Xiongjie Jin 1,2,3, Demetrius Moskophidis 1,2,4, Nahid F Mivechi 1,2,3,4
PMCID: PMC3214631  NIHMSID: NIHMS303995  PMID: 21723507

Abstract

Hepatocellular carcinoma (HCC) occurrence and progression is linked tightly to progressive hepatic metabolic syndrome associated with insulin resistance, hepatic steatosis, and chronic inflammation. Heat shock transcription factor 1 (HSF1), a major transactivator of stress proteins, increases survival by protecting cells against environmental stressors. It has been implicated in the pathogenesis of cancer, but specific mechanisms by which HSF1 supports cancer development remain elusive. We propose a pathogenic mechanism whereby HSF1 activation promotes growth of pre-malignant cells and HCC development by stimulating lipid biosynthesis and perpetuating chronic hepatic metabolic disease induced by carcinogens. Our work shows that inactivation of HSF1 impairs cancer progression, mitigating adverse effects of carcinogens on hepatic metabolism by enhancing insulin sensitivity and sensitizing activation of AMP-activated protein kinase (AMPK), an important regulator of energy homeostasis and inhibitor of lipid synthesis. HSF1 is a potential target for the control of hepatic steatosis, hepatic insulin resistance, and HCC development.

Introduction

Cancer arises through a multi-stage process involving selection of genetic and epigenetic alterations, allowing evasion of mechanisms that limit cell proliferation or cell death (Hanahan and Weinberg, 2011; Luo et al., 2009). In addition to genetic changes, tumor formation and progression is regulated by the tumor microenvironment and extracellular signaling pathways. In particular, inflammation through aberrant secretion of cytokines and chemokines and other pro-growth factors supports proliferation and expansion of pre-malignant cells (Grivennikov et al., 2010; Mantovani et al., 2008). Moreover, metabolic changes driven by the tumor microenvironment and oncogene activation or tumor suppressor gene loss also confer a selective advantage for survival and proliferation of cancer cells (Levine and Puzio-Kuter, 2010; Siegel and Zhu, 2009). Notably, altered metabolism provides cancer cells not only with energy but also serves to support synthesis of fatty acids, membrane lipids and proteins that are required for rapidly dividing cells (Menendez and Lupu, 2007). Lastly, equally important for survival of a transformed cell and tumor formation and progression is the contribution of the proteostatic system, which involves pathways that control protein synthesis, quality control, and trafficking (Hotamisligil, 2010; Powers et al., 2009).
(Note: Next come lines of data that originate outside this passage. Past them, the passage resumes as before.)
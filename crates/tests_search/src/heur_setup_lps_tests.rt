ghost use Rattle.plan_rules.specs.Cells.{Fits};

use fixtures::{Item, MADE, Resource, instance, instance_alike};
use heur_setup_lps::{planned, plunged, walked};
use lot_model::Instance;
use plan_rules::{Grid, Planned};
use std::alloc::Global;
use std::process::Abort;
use work_clock::Deadline;

// The item of the shop on a resource of this capacity.
fn model(rt: &impl Abort, alloc: Global, capacity: i64) -> Instance {
    let machine = Resource {
        name: "m",
        capacity: &[capacity],
    };
    instance(alloc, 2, &[machine], &[MADE]).expect(rt, "an instance")
}

// This number for each item and period of an instance.
fn filled(rt: &impl Abort, alloc: Global, instance: &Instance, number: u64) -> Grid
    ensures { Fits instance.now result }
{
    Grid::filled(alloc, instance.items(), instance.periods(), number).expect(rt, "memory")
}

// What a plan costs, and 0 where there is none.
fn cost_of(found: &Option<Planned>) -> u128 {
    match found {
        Some(made) => made.cost,
        None => 0,
    }
}

// What a plan costs by the program where setups are between these numbers.
fn cost_between(rt: &impl Abort, alloc: Global, instance: &Instance, low: u64, high: u64) -> u128 {
    let low = filled(rt, alloc, instance, low);
    let high = filled(rt, alloc, instance, high);
    cost_of(&planned(alloc, instance, &low, &high, Deadline::none()).expect(rt, "memory"))
}

// What plans cost by the programs where each setup is 1, where it is 0 or 1, and where it is 0.
fn costs(rt: &impl Abort, alloc: Global, instance: &Instance) -> (u128, u128, u128) {
    let all = cost_between(rt, alloc, instance, 1, 1);
    let some = cost_between(rt, alloc, instance, 0, 1);
    let none = cost_between(rt, alloc, instance, 0, 0);
    (all, some, none)
}

// What a plan costs that is found by a plunge of so many nodes.
fn cost_by_plunge(rt: &impl Abort, alloc: Global, instance: &Instance, nodes: u32) -> u128 {
    let low = filled(rt, alloc, instance, 0);
    let high = filled(rt, alloc, instance, 1);
    cost_of(&plunged(alloc, instance, &low, &high, nodes, Deadline::none()).expect(rt, "memory"))
}

// Both periods make 5 units, of which 3 are held; a plunge finds no other plan, since there is none.
#[test]
fn programs_plan_the_quantities(rt: HostRuntime) {
    let alloc = rt.alloc();
    let instance = model(&rt, alloc, 6);
    assert_eq!(rt; costs(&rt, alloc, &instance), (23, 23, 0));
    assert_eq!(rt; cost_by_plunge(&rt, alloc, &instance, 10), 23);
}

// What the plan costs in which each setup is 1, and what a walk from it finds.
fn costs_of_walk(rt: &impl Abort, alloc: Global, instance: &Instance) -> (u128, u128) {
    let all = filled(rt, alloc, instance, 1);
    let found = planned(alloc, instance, &all, &all, Deadline::none())
        .expect(rt, "memory")
        .expect(rt, "no plan");
    let cheaper = walked(alloc, instance, &found, 1, 20, Deadline::none()).expect(rt, "memory");
    (found.cost, cost_of(&cheaper))
}

// Two setups cost 20. One setup costs 10, and 8 units are held.
#[test]
fn a_walk_leaves_a_setup_out(rt: HostRuntime) {
    let alloc = rt.alloc();
    let instance = model(&rt, alloc, 20);
    assert_eq!(rt; costs_of_walk(&rt, alloc, &instance), (20, 18));
}

// An item without a resource that is asked for one in each period.
const STEADY: Item<'static> = Item {
    demand: &[1],
    uses: &[],
    ..MADE
};

// Four items over 101 periods.
fn large(rt: &impl Abort, alloc: Global) -> Instance {
    instance_alike(alloc, 101, &[], 4, &STEADY).expect(rt, "an instance")
}

// Four items over 101 periods are more than 400, and the own-period plan is one.
#[test]
fn large_models_have_no_programs(rt: HostRuntime) {
    let alloc = rt.alloc();
    let instance = large(&rt, alloc);
    assert_eq!(rt; cost_between(&rt, alloc, &instance, 1, 1), 0);
}
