ghost use Rattle.std.specs.Prelude.{◌≡◌, ◌≤◌, Bool, true};
ghost use Rattle.cert_lines.specs.declared.limits.TheConstants.{LOTS_CERT_VERSION, MAX_CERT_VERSION};

use branching::{Found, Limits, Plugins, Ranges, RootSays, Wanted, search, search_all};
use cert_checker::check;
use certificate::{Claim, is_writable};
use fixtures::{Item, MADE, Resource, instance};
use heur_plugin::Plans;
use lot_model::Instance;
use price_plugin::Prices;
use search_plugins::{Heuristic, Nothing, Proposer, Watch};
use std::alloc::Global;
use std::process::Abort;
use work_clock::Deadline;

// One item on a resource of this capacity.
fn model(rt: &impl Abort, alloc: Global, demand: &[i64], capacity: i64) -> Instance {
    let periods = u32::try_from(demand.len()).unwrap_or(0);
    let machine = Resource {
        name: "m",
        capacity: &[capacity],
    };
    instance(alloc, periods, &[machine], &[Item { demand, ..MADE }]).expect(rt, "an instance")
}

// An item without a resource.
const ALONE: Item<'static> = Item { uses: &[], ..MADE };

// That item with this demand.
fn alone(rt: &impl Abort, alloc: Global, periods: u32, demand: &[i64]) -> Instance {
    instance(alloc, periods, &[], &[Item { demand, ..ALONE }]).expect(rt, "an instance")
}

// What proposes nothing.
const NOTHING: Plugins<'static, Nothing, Nothing> = Plugins {
    proposer: &Nothing,
    heuristic: &Nothing,
};

// Counts the nodes and passes of which it is told, and ends the search before so many passes.
#[derive(Debug, Drop)]
struct Count {
    nodes: u64,
    passes: u64,
    most: u64,
}

impl Watch for Count {
    ghost may_stop = { λ _. true };

    fn node(&mut self, _depth: usize, _says: Option<u128>, _best: Option<u128>) {
        self.nodes = self.nodes.wrapping_add(1);
    }

    fn pass(&mut self, _bound: Option<u128>, _best: Option<u128>) {
        self.passes = self.passes.wrapping_add(1);
    }

    fn stops(&mut self) -> bool {
        self.passes > self.most
    }
}

// What is found by these plugins of an instance, once the checker accepts it, and of how many nodes a watcher is told.
fn found_by<P: Proposer, H: Heuristic<P::Hint>>(
    rt: &impl Abort,
    alloc: Global,
    plugins: &Plugins<'_, P, H>,
    instance: &Instance,
    budget: u64,
) -> (Found, u64)
    requires { 1 ≤ budget }
{
    let mut count = Count {
        nodes: 0,
        passes: 0,
        most: u64::MAX,
    };
    let wanted = Wanted::with_budget(budget);
    let found = search_all(alloc, plugins, &mut count, instance, wanted).expect(rt, "memory");
    if check(alloc, instance, &found.certificate, found.plan.as_ref()).is_err() {
        panic!(rt; "not accepted");
    }
    (found, count.nodes)
}

// What is found where nothing is proposed.
fn found(rt: &impl Abort, alloc: Global, demand: &[i64], capacity: i64, budget: u64) -> Found
    requires { 1 ≤ budget }
{
    let instance = model(rt, alloc, demand, capacity);
    let (found, _) = found_by(rt, alloc, &NOTHING, &instance, budget);
    found
}

// How much a plan makes in the first and the second of two periods.
fn made(rt: &impl Abort, found: &Found) -> (u64, u64) {
    match &found.plan {
        Some(plan) => {
            if (plan.make.items(), plan.make.periods()) != (1, 2) {
                panic!(rt; "another instance");
            }
            (plan.make.get(1, 1), plan.make.get(1, 2))
        }
        None => panic!(rt; "no plan"),
    }
}

// The claim of one item in two periods on a resource of 6, whether its certificate can be written, and how much its plan
// makes in each period.
fn best(rt: &impl Abort, alloc: Global, demand: &[i64]) -> (Claim, bool, (u64, u64)) {
    let found = found(rt, alloc, demand, 6, 1_000);
    let quantities = made(rt, &found);
    (
        found.certificate.claim,
        is_writable(&found.certificate),
        quantities,
    )
}

// Both periods make 5 units, of which 3 are held.
#[test]
fn a_best_plan_is_found(rt: HostRuntime) {
    let alloc = rt.alloc();
    assert_eq!(rt;
        best(&rt, alloc, &[2, 8]),
        (Claim::Optimal(23), true, (5, 5))
    );
}

// One item in two periods on a resource of 6, with a largest lot or none.
fn lots_up_to(rt: &impl Abort, alloc: Global, max_lot: Option<i64>) -> Instance {
    let machine = Resource {
        name: "m",
        capacity: &[6],
    };
    instance(alloc, 2, &[machine], &[Item { max_lot, ..MADE }]).expect(rt, "an instance")
}

// With prices and plans the same plan is best, and each node of the tree is told once; so it is with a largest lot that no lot reaches.
#[test]
fn a_best_plan_is_found_by_prices(rt: HostRuntime) {
    let alloc = rt.alloc();
    let until = Deadline::none();
    let plugins = Plugins {
        proposer: &Prices { until },
        heuristic: &Plans { until },
    };
    for max_lot in [None, Some(1_000)] {
        let instance = lots_up_to(&rt, alloc, max_lot);
        let (found, nodes) = found_by(&rt, alloc, &plugins, &instance, 1_000);
        let claim = found.certificate.claim;
        assert_eq!(rt; (claim, made(&rt, &found)), (Claim::Optimal(23), (5, 5)));
        assert_eq!(rt; nodes, found.nodes);
    }
}

// With a capacity of 9 no plan makes 10 units in one period.
#[test]
fn that_there_is_no_plan_is_found(rt: HostRuntime) {
    let alloc = rt.alloc();
    let found = found(&rt, alloc, &[10], 9, 1);
    let claim = found.certificate.claim;
    assert_eq!(rt; (claim, found.plan.is_none()), (Claim::Infeasible, true));
    assert_eq!(rt; (found.root, found.nodes), (RootSays::Empty, 1));
}

// What is claimed of one item without a resource, what the root says, and the nodes of the search.
fn said_alone(rt: &impl Abort, alloc: Global, demand: &[i64]) -> (Claim, RootSays, u64) {
    let instance = alone(rt, alloc, 2, demand);
    let found = search_all(alloc, &NOTHING, (), &instance, Wanted::with_budget(1)).expect(
        rt, "memory",
    );
    (found.certificate.claim, found.root, found.nodes)
}

// Without a resource the items are planned by themselves: one setup for both periods costs 10, and holding 8 units costs 8.
#[test]
fn an_uncoupled_model_takes_one_node(rt: HostRuntime) {
    let alloc = rt.alloc();
    let said = (Claim::Optimal(18), RootSays::Uncoupled, 1);
    assert_eq!(rt; said_alone(&rt, alloc, &[2, 8]), said);
}

// The ranges of an item in two periods, of which between so much and so much is made in the first one.
fn ranges_of(rt: &impl Abort, alloc: Global, instance: &Instance, low: u64, high: u64) -> Ranges {
    let mut ranges = Ranges::all(alloc, instance).expect(rt, "memory");
    if (ranges.low.items(), ranges.low.periods()) != (1, 2)
        || (ranges.high.items(), ranges.high.periods()) != (1, 2)
    {
        panic!(rt; "another instance");
    }
    ranges.low.set(1, 1, low);
    ranges.high.set(1, 1, high);
    ranges
}

// What is found within these ranges.
fn between(rt: &impl Abort, alloc: Global, instance: &Instance, low: u64, high: u64) -> Found {
    let ranges = ranges_of(rt, alloc, instance, low, high);
    if !ranges.are_of(instance) {
        panic!(rt; "no ranges of the instance");
    }
    let wanted = Wanted::with_budget(1_000);
    search(alloc, &NOTHING, (), instance, ranges, wanted).expect(rt, "memory")
}

// A demand of 2 and of 8, on a resource of 11 or by itself.
fn two_lots(rt: &impl Abort, alloc: Global, is_shared: bool) -> Instance {
    if is_shared {
        model(rt, alloc, &[2, 8], 11)
    } else {
        alone(rt, alloc, 2, &[2, 8])
    }
}

// The claim of a search over all ranges, and how much its plan makes in each period.
fn best_of_all(rt: &impl Abort, alloc: Global, is_shared: bool) -> (Claim, (u64, u64)) {
    let instance = two_lots(rt, alloc, is_shared);
    let wanted = Wanted::with_budget(1_000);
    let found = search_all(alloc, &NOTHING, (), &instance, wanted).expect(rt, "memory");
    let quantities = made(rt, &found);
    (found.certificate.claim, quantities)
}

// What is claimed within ranges, and whether there is no plan.
fn claimed(rt: &impl Abort, alloc: Global, is_shared: bool, low: u64, high: u64) -> (Claim, bool) {
    let instance = two_lots(rt, alloc, is_shared);
    let found = between(rt, alloc, &instance, low, high);
    (found.certificate.claim, found.plan.is_none())
}

// How much the plan within ranges makes in each period.
fn made_within(rt: &impl Abort, alloc: Global, is_shared: bool, low: u64, high: u64) -> (u64, u64) {
    let instance = two_lots(rt, alloc, is_shared);
    let found = between(rt, alloc, &instance, low, high);
    made(rt, &found)
}

// Both lots in one period cost 18.
#[test]
fn a_best_plan_of_all_is_found(rt: HostRuntime) {
    let alloc = rt.alloc();
    let best = (Claim::Optimal(18), (10, 0));
    assert_eq!(rt; best_of_all(&rt, alloc, true), best);
    assert_eq!(rt; best_of_all(&rt, alloc, false), best);
}

// With at most 5 units in the first period two setups are needed, and to hold nothing is best; with no more than 1 unit there
// nothing is feasible.
#[test]
fn a_best_plan_within_ranges_is_found(rt: HostRuntime) {
    let alloc = rt.alloc();
    for (is_shared, low, high, claim) in [
        (true, 0u64, 10u64, Claim::Optimal(18)),
        (true, 0, 5, Claim::Optimal(20)),
        (true, 5, 5, Claim::Optimal(23)),
        (true, 0, 1, Claim::Infeasible),
        (false, 0, 10, Claim::Optimal(18)),
        (false, 0, 5, Claim::Optimal(20)),
        (false, 5, 5, Claim::Optimal(23)),
        (false, 0, 1, Claim::Infeasible),
    ] {
        let want = (claim, claim == Claim::Infeasible);
        assert_eq!(rt;
            claimed(&rt, alloc, is_shared, low, high),
            want,
            "at most {high}"
        );
    }
}

#[test]
fn a_plan_stays_within_its_ranges(rt: HostRuntime) {
    let alloc = rt.alloc();
    assert_eq!(rt; made_within(&rt, alloc, true, 0, 5), (2, 8));
    assert_eq!(rt; made_within(&rt, alloc, false, 0, 5), (2, 8));
}

// Whether the ranges of so many periods are ranges of three.
fn fit(rt: &impl Abort, alloc: Global, periods: u32) -> bool {
    let demand = [2i64];
    let ranges = Ranges::all(alloc, &alone(rt, alloc, periods, &demand)).expect(rt, "memory");
    let instance = alone(rt, alloc, 3, &demand);
    ranges.are_of(&instance)
}

#[test]
fn ranges_of_another_shape_are_told(rt: HostRuntime) {
    let alloc = rt.alloc();
    assert_eq!(rt; (fit(&rt, alloc, 2), fit(&rt, alloc, 3)), (false, true));
}

// What is found from the one plan on of one item in two periods on a resource of 6, within a gap and by a watcher that ends the
// search before so many passes and one: whether a bound is claimed, whether the tree has one node, and how much is made.
fn cut_short(
    rt: &impl Abort,
    alloc: Global,
    gap: Option<u32>,
    most: u64,
) -> (bool, bool, (u64, u64)) {
    let instance = model(rt, alloc, &[2, 8], 6);
    let known = search_all(alloc, &NOTHING, (), &instance, Wanted::with_budget(1_000)).expect(
        rt, "memory",
    );
    let mut count = Count {
        nodes: 0,
        passes: 0,
        most,
    };
    let wanted = Wanted {
        first: known.plan,
        limits: Limits { gap },
        ..Wanted::with_budget(1_000)
    };
    let found = search_all(alloc, &NOTHING, &mut count, &instance, wanted).expect(rt, "memory");
    let is_bound = matches!(&found.certificate.claim, Claim::Bound(_));
    let quantities = made(rt, &found);
    (is_bound, found.nodes == 1, quantities)
}

// The relaxation at the root costs less than the plan, by more than a hundredth of a percent.
#[test]
fn a_search_ends_early(rt: HostRuntime) {
    let alloc = rt.alloc();
    for (gap, most, is_bound) in [
        (None, u64::MAX, false),
        (Some(1u32), u64::MAX, false),
        (Some(10_000), u64::MAX, true),
        (None, 0, true),
    ] {
        assert_eq!(rt;
            cut_short(&rt, alloc, gap, most),
            (is_bound, is_bound, (5, 5))
        );
    }
}

// What arrives one period after it was started.
const LATE: Item<'static> = Item {
    lead: 1,
    setup_cost: &[9],
    ..ALONE
};

// The claim of a search whose certificate has this version at most, the version that it has, and whether the checker accepts it.
fn found_in(rt: &impl Abort, alloc: Global, newest: u32) -> (Claim, u32, bool)
    requires oldest { LOTS_CERT_VERSION ≤ newest }
    requires latest { newest ≤ MAX_CERT_VERSION }
{
    let item = Item {
        demand: &[0, 1, 1],
        ..LATE
    };
    let instance = instance(alloc, 3, &[], &[item]).expect(rt, "an instance");
    let until = Deadline::none();
    let plugins = Plugins {
        proposer: &Prices { until },
        heuristic: &Plans { until },
    };
    let wanted = Wanted {
        newest,
        ..Wanted::with_budget(1_000)
    };
    let found = search_all(alloc, &plugins, (), &instance, wanted).expect(rt, "memory");
    let certificate = &found.certificate;
    let is_accepted = check(alloc, &instance, certificate, found.plan.as_ref()).is_ok();
    (certificate.claim, certificate.version, is_accepted)
}

// Both units are started in the first period, and one is held for a period: that costs 10. Where leaves over reduced costs may be
// taken, one of them says so of the root; a tree without them decides it too, since it has room for all choices.
#[test]
fn a_certificate_keeps_to_a_version(rt: HostRuntime) {
    let alloc = rt.alloc();
    for version in [2u32, 3] {
        assert_eq!(rt;
            found_in(&rt, alloc, version),
            (Claim::Optimal(10), version, true)
        );
    }
}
HCC induced within an established background of chronic liver disease and cirrhosis after long latency (20-40 years) is one of the most prevalent malignant cancers worldwide. The transformation process underlying HCC development in humans, and many risk factors, including alcoholic use, chronic infections with hepatitis B and C viruses, and nonalcoholic steatohepatitis (NASH), which is a more severe form of nonalcoholic fatty liver disease (NAFLD), are well defined (El-Serag and Rudolph, 2007; Farazi and DePinho, 2006; Siegel and Zhu, 2009). Notably, NAFLD, a hepatic manifestation of metabolic syndrome, affects nearly 25% of the US population and is a fast-growing medical condition in terms of incidence due to the fact that obesity and metabolic syndrome are becoming epidemics worldwide. Despite recent progress, HCC is still a disease with poor outcome and limited therapeutic options (Spangenberg et al., 2009).

HCC development is well defined at the cellular level, beginning with hyperplastic and dysplastic nodule formation in the cirrhotic liver, and ultimately malignant conversion of a small number of lesions. In contrast, the exact molecular mechanisms accounting for hepatitis-driven cellular transformation are less well understood. Supported by mouse genetic studies using the pro-carcinogen diethylnitrosamine (DEN) or elimination of functional NF-κB signaling, it was thought that chronic liver injury caused by oxidative stress triggers inflammation, which drives the compensatory proliferation of intact hepatocytes and liver progenitors leading to initiation and progression of HCC development (Luedde et al., 2007; Maeda et al., 2005). These observations suggest that inhibition of compensatory liver cell proliferation by modulating the inflammatory response may be a realistic approach to reduce the risk of HCC.

Another critical hallmark of the pathogenesis of cancer in general, and HCC in particular, is the contribution of metabolic processes functionally related to de novo fatty acid synthesis and glucose disposal and utilization. In fact, dysregulated metabolism and exacerbated lipid biosynthesis and accumulation emerge early in cancer development and accelerate cell growth and transformation (Menendez and Lupu, 2007; Siegel and Zhu, 2009). Recent reports indicating that lipogenesis in connection with the lipolytic release and remodeling of free fatty acids promote high level of malignancy, suggest substantial crosstalk between lipid metabolic pathways in cancer cells (Nomura et al., 2010). Elucidating metabolic pathways that are vital to the cancer pathogenesis and specifically assess to what extent lipid accumulation in the injured liver may contribute to HCC is of particular importance as an urgent need for development of novel treatments of this disease.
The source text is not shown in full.